DATA FOR THE TASK —

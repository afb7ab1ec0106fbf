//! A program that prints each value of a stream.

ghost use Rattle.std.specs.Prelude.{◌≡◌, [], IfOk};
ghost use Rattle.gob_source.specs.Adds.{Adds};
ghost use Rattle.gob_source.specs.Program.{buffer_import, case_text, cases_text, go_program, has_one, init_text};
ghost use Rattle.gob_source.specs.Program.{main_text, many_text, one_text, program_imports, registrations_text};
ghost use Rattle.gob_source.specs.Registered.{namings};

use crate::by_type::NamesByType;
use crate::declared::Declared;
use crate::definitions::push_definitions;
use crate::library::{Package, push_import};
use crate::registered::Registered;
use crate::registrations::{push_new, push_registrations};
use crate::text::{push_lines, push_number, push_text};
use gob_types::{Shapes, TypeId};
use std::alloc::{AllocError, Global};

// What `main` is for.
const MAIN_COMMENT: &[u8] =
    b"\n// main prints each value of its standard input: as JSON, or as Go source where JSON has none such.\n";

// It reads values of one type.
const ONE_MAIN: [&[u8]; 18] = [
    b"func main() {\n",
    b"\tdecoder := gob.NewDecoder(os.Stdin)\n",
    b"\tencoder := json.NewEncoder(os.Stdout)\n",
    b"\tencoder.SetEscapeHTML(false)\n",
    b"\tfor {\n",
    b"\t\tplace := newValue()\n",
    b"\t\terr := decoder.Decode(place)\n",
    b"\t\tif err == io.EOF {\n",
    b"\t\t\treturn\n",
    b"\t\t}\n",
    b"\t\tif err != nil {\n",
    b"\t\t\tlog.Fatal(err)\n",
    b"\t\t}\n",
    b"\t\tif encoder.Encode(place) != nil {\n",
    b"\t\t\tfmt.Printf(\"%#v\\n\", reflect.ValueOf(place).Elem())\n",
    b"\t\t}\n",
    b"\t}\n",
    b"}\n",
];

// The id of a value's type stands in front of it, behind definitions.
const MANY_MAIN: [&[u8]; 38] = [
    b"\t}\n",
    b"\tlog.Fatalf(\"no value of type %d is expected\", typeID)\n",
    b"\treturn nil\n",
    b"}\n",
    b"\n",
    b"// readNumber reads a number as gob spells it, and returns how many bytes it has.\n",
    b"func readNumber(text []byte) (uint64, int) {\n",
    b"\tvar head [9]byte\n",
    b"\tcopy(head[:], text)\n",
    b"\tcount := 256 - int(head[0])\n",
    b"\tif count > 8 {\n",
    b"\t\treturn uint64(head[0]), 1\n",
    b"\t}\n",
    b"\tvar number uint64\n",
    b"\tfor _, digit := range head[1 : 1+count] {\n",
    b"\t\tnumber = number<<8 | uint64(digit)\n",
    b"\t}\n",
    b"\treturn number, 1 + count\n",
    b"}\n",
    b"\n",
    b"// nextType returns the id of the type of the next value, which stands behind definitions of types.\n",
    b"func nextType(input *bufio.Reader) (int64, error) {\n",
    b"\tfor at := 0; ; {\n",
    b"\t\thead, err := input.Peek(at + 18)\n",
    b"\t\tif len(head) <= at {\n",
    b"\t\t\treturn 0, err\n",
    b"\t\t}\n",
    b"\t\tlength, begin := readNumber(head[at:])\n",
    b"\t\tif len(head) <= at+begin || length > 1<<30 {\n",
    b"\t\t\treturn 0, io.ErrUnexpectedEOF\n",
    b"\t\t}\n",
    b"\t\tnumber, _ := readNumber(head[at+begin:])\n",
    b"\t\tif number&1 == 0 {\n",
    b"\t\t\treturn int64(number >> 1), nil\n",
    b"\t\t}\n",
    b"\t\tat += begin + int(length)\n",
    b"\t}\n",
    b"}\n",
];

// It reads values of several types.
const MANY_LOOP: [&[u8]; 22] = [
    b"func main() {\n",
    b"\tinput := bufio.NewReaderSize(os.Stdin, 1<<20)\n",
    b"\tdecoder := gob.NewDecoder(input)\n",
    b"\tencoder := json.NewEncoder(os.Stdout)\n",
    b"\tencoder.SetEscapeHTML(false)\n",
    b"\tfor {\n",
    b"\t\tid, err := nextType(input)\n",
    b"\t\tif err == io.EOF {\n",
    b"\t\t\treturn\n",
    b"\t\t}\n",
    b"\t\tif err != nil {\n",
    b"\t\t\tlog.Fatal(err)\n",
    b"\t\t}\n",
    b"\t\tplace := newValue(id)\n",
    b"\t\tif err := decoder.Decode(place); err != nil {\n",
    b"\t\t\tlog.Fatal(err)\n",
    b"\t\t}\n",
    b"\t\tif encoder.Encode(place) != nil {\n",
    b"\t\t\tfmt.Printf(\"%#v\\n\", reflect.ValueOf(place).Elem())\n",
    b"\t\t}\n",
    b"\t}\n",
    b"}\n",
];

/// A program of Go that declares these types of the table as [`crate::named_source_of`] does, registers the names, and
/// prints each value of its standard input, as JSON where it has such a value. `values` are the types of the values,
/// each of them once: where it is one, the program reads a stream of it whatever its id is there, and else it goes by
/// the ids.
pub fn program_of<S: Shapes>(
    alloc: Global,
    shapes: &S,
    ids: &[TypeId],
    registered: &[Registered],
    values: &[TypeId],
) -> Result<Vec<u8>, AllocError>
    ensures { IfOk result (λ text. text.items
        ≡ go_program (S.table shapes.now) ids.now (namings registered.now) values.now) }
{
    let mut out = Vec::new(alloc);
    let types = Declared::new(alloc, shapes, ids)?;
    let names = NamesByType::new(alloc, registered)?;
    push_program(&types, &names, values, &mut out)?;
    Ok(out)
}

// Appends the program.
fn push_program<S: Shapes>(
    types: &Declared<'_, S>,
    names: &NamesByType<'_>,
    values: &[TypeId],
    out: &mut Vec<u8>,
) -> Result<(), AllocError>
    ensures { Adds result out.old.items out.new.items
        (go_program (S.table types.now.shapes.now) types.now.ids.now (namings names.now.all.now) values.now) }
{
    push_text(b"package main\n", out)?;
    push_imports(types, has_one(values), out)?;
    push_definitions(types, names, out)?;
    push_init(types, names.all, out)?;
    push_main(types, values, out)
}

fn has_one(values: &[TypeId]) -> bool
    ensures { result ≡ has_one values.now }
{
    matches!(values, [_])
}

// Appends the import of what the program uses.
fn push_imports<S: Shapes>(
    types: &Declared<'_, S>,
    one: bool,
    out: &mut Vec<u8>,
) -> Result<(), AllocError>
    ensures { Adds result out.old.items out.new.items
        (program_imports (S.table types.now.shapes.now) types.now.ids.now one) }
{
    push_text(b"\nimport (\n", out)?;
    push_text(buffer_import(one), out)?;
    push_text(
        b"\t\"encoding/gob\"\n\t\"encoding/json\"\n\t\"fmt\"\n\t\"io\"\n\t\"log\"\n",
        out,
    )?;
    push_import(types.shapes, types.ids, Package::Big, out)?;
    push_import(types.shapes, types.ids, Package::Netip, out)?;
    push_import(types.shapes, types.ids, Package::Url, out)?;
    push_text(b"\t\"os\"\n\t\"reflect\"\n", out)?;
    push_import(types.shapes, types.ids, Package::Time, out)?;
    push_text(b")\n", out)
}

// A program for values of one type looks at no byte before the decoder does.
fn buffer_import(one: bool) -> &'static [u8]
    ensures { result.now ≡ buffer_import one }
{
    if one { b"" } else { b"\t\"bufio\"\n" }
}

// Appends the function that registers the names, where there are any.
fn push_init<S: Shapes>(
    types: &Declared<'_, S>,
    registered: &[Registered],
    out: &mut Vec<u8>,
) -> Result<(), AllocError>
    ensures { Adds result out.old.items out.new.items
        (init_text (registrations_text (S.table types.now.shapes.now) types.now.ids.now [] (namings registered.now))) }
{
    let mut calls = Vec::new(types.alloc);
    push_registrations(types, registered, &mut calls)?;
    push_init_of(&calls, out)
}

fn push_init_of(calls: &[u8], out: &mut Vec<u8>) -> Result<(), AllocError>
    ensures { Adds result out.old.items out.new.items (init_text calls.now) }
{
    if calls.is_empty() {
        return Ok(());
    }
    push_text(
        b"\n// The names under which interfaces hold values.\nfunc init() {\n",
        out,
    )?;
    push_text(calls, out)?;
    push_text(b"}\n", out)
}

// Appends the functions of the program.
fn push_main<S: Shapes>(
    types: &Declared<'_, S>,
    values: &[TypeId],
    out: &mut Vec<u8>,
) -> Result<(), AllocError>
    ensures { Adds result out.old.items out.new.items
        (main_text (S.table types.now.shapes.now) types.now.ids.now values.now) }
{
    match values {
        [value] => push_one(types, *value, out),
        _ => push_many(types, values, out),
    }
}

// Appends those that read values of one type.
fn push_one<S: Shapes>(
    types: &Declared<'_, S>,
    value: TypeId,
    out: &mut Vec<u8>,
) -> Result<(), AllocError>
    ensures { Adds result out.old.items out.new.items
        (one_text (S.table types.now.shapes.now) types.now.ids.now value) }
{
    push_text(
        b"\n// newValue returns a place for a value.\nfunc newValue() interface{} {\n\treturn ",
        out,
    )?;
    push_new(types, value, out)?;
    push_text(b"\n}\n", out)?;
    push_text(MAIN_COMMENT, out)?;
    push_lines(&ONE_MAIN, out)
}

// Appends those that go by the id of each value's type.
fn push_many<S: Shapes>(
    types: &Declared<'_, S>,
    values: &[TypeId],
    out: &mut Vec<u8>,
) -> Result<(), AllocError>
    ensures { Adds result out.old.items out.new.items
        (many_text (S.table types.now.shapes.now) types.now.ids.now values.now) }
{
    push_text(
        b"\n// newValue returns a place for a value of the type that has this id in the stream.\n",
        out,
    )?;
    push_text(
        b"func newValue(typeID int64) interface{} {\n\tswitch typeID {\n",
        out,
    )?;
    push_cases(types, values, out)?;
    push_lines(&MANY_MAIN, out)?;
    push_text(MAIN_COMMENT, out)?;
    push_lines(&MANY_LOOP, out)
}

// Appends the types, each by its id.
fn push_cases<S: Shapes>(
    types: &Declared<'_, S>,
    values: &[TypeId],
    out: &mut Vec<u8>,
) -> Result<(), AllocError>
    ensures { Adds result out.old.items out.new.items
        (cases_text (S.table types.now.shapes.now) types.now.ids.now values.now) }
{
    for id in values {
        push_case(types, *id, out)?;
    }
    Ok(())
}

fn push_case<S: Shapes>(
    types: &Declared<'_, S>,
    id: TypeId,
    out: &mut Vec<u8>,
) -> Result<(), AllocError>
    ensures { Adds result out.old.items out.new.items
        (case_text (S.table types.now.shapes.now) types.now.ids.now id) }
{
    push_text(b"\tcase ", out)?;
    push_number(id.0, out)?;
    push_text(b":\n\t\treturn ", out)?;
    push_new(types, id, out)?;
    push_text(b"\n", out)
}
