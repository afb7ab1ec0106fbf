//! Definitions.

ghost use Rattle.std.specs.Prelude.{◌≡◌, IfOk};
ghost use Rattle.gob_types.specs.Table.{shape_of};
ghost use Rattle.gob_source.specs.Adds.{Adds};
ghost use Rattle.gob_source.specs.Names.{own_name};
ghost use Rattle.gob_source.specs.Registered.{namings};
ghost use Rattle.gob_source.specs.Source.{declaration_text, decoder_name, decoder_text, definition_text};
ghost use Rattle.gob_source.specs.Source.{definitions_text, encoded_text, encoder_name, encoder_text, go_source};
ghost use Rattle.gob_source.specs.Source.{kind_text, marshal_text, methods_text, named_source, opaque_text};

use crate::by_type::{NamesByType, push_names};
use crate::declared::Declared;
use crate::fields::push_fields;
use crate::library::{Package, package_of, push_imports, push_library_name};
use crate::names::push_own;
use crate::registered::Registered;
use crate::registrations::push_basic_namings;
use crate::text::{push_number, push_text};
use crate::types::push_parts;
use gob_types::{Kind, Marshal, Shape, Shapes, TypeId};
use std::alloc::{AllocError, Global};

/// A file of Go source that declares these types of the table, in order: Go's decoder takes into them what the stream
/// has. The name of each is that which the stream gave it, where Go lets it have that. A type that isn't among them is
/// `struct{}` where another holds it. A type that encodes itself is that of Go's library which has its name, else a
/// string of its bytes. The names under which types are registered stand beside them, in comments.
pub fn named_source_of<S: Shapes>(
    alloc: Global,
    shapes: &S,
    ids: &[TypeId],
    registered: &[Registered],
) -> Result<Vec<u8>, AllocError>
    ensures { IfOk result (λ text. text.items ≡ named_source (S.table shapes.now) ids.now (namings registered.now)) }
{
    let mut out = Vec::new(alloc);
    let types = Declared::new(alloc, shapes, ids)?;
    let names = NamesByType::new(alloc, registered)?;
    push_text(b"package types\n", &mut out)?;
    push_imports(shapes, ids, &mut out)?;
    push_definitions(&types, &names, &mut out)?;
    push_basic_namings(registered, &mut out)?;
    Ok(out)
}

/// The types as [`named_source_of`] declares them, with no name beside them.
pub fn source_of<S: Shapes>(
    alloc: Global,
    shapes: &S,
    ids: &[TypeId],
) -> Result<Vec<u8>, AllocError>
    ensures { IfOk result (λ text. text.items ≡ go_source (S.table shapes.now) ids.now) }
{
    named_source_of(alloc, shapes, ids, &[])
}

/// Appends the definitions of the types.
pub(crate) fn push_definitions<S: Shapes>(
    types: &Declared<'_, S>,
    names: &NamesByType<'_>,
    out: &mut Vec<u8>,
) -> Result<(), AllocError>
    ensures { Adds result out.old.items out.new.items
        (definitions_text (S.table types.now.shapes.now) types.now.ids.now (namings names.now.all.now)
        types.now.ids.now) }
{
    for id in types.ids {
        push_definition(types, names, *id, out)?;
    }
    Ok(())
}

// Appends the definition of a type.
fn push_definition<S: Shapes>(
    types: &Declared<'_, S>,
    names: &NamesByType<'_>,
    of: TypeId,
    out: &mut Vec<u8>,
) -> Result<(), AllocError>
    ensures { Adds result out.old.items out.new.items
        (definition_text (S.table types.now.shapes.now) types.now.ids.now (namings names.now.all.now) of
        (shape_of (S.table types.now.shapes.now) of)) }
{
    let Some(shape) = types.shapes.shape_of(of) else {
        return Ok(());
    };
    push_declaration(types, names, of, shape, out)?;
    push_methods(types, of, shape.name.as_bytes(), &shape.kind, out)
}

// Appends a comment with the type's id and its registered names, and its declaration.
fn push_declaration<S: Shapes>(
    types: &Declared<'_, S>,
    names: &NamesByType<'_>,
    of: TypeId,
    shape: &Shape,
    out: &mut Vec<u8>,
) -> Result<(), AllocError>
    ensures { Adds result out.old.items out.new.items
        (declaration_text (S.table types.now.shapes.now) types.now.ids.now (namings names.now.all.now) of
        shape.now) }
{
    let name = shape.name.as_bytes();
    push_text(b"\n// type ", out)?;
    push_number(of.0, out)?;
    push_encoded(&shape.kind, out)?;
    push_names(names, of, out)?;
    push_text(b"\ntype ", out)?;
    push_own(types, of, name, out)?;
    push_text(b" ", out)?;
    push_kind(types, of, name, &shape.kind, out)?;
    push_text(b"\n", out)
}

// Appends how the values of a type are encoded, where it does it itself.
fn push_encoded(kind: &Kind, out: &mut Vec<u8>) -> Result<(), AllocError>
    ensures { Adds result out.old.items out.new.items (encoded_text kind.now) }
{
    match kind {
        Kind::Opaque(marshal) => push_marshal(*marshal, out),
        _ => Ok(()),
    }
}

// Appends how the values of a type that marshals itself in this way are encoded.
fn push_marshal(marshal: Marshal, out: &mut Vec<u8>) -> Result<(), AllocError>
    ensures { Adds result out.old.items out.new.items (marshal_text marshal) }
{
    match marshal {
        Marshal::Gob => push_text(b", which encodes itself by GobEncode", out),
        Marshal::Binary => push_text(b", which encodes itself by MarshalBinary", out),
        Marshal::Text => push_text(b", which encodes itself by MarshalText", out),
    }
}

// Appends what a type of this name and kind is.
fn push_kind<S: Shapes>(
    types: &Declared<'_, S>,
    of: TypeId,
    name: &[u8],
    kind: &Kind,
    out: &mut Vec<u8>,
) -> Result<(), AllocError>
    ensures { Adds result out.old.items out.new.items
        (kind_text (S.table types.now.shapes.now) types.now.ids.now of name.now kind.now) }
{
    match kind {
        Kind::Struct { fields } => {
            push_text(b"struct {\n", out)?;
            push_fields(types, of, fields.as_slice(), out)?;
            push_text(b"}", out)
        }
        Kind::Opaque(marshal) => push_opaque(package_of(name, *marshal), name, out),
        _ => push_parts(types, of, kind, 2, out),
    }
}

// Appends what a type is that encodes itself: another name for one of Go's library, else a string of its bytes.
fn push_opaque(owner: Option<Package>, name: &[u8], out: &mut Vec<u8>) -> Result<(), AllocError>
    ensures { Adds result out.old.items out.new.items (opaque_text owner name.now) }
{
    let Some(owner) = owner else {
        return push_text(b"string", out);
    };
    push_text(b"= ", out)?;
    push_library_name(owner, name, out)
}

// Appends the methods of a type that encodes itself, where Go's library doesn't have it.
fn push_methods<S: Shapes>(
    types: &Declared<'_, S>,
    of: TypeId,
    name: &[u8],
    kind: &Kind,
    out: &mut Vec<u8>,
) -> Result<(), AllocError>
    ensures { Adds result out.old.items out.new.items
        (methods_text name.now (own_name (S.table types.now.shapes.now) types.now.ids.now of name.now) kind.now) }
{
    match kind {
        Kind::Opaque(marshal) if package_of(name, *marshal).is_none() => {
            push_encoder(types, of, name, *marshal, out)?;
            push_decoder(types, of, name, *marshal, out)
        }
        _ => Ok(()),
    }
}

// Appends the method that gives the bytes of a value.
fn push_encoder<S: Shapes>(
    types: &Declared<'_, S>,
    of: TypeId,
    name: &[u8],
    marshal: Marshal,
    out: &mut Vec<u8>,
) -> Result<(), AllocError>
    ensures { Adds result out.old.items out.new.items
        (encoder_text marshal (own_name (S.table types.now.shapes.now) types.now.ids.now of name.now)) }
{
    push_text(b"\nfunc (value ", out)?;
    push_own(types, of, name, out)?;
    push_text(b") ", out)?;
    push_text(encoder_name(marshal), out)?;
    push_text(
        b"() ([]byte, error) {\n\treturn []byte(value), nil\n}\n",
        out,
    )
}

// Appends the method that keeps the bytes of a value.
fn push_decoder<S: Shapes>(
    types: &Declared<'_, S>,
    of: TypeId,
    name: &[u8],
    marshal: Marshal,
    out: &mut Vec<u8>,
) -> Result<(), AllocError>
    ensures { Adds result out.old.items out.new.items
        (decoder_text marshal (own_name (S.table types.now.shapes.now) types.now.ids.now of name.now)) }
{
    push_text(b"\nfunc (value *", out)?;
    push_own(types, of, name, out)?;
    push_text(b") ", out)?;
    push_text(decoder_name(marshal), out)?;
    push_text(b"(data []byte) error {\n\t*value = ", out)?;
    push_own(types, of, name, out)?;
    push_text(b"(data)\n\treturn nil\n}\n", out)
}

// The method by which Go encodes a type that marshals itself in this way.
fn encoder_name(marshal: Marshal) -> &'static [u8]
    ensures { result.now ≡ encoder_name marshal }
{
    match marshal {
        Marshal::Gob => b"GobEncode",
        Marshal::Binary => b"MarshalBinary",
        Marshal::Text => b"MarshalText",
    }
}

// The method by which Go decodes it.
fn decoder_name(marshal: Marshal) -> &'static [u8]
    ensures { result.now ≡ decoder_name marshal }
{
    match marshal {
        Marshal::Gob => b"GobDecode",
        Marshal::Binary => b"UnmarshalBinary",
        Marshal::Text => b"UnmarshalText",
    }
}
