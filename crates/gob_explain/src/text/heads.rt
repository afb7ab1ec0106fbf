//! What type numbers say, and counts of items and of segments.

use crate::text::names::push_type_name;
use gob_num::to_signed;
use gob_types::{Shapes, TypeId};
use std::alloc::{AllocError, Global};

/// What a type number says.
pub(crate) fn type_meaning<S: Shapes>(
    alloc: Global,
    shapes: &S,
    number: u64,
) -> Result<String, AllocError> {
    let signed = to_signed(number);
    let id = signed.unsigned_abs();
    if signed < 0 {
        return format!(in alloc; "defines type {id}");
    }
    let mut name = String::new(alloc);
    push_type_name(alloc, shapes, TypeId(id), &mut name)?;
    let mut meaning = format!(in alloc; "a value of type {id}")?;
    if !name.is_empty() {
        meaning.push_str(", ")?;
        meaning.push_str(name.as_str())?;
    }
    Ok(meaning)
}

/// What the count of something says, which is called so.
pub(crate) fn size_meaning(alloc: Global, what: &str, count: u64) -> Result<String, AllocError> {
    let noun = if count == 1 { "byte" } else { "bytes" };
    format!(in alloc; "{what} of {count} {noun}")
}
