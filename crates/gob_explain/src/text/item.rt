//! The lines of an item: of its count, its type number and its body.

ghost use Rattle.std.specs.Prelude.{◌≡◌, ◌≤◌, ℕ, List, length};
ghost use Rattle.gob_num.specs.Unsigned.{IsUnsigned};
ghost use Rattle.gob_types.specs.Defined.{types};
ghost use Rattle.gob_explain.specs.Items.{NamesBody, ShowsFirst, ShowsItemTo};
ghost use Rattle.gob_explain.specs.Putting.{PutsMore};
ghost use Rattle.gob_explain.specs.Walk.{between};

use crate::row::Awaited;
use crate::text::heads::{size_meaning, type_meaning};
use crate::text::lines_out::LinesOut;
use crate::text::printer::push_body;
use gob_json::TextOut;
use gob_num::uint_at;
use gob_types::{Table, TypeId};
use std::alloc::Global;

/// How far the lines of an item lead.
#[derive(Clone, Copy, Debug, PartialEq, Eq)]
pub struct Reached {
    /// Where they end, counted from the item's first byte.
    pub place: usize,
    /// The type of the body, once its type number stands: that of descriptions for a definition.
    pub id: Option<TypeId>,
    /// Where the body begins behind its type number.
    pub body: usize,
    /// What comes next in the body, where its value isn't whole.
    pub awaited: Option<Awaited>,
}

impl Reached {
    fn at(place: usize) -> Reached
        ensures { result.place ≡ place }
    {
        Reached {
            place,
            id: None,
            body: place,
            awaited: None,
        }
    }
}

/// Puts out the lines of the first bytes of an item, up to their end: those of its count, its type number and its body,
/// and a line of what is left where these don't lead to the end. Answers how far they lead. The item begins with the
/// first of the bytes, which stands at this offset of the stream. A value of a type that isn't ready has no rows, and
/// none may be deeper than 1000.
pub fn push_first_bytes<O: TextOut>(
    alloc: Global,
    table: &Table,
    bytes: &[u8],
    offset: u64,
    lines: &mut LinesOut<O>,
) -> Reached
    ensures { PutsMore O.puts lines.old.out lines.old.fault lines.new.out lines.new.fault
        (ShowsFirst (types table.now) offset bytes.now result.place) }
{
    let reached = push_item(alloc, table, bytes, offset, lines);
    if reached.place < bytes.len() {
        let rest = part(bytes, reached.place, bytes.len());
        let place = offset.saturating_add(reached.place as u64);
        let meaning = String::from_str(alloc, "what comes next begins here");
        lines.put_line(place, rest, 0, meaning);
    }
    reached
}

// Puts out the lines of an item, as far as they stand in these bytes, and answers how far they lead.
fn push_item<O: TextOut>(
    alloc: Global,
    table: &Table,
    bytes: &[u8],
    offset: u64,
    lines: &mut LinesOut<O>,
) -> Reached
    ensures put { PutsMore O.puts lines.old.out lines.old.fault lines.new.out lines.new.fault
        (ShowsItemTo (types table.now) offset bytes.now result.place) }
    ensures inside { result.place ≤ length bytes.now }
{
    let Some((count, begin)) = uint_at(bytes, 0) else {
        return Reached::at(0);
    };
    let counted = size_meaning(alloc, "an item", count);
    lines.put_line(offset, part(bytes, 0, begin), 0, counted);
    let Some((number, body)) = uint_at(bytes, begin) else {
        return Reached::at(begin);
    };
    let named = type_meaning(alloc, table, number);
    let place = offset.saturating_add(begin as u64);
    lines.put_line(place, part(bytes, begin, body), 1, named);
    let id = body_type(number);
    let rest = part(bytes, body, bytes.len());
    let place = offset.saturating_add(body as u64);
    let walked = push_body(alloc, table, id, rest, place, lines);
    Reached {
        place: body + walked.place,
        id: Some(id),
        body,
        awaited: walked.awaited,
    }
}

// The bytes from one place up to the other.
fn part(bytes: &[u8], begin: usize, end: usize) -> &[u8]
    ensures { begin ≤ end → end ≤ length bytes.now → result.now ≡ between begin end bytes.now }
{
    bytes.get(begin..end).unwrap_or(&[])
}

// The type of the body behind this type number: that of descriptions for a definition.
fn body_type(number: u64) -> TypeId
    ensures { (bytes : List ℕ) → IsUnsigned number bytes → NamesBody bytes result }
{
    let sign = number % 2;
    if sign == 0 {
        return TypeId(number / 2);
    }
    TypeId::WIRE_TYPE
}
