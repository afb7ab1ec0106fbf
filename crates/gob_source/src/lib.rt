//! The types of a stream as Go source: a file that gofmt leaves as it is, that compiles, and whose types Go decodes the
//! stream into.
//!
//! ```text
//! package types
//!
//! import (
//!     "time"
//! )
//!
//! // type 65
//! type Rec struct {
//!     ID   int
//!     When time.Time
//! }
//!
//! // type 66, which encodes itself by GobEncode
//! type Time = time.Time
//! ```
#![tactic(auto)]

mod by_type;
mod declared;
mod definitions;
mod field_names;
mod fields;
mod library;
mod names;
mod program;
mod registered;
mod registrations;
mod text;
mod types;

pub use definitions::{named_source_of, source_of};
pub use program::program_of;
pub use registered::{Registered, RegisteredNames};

PROBLEM STATEMENT —
Search the entries for the word "standard" and show every line that has it.

YOUR RESPONSE —
    b"\n// main prints each value of its standard input: as JSON, or as Go source where JSON has none such.\n";
/// prints each value of its standard input, as JSON where it has such a value. `values` are the types of the values,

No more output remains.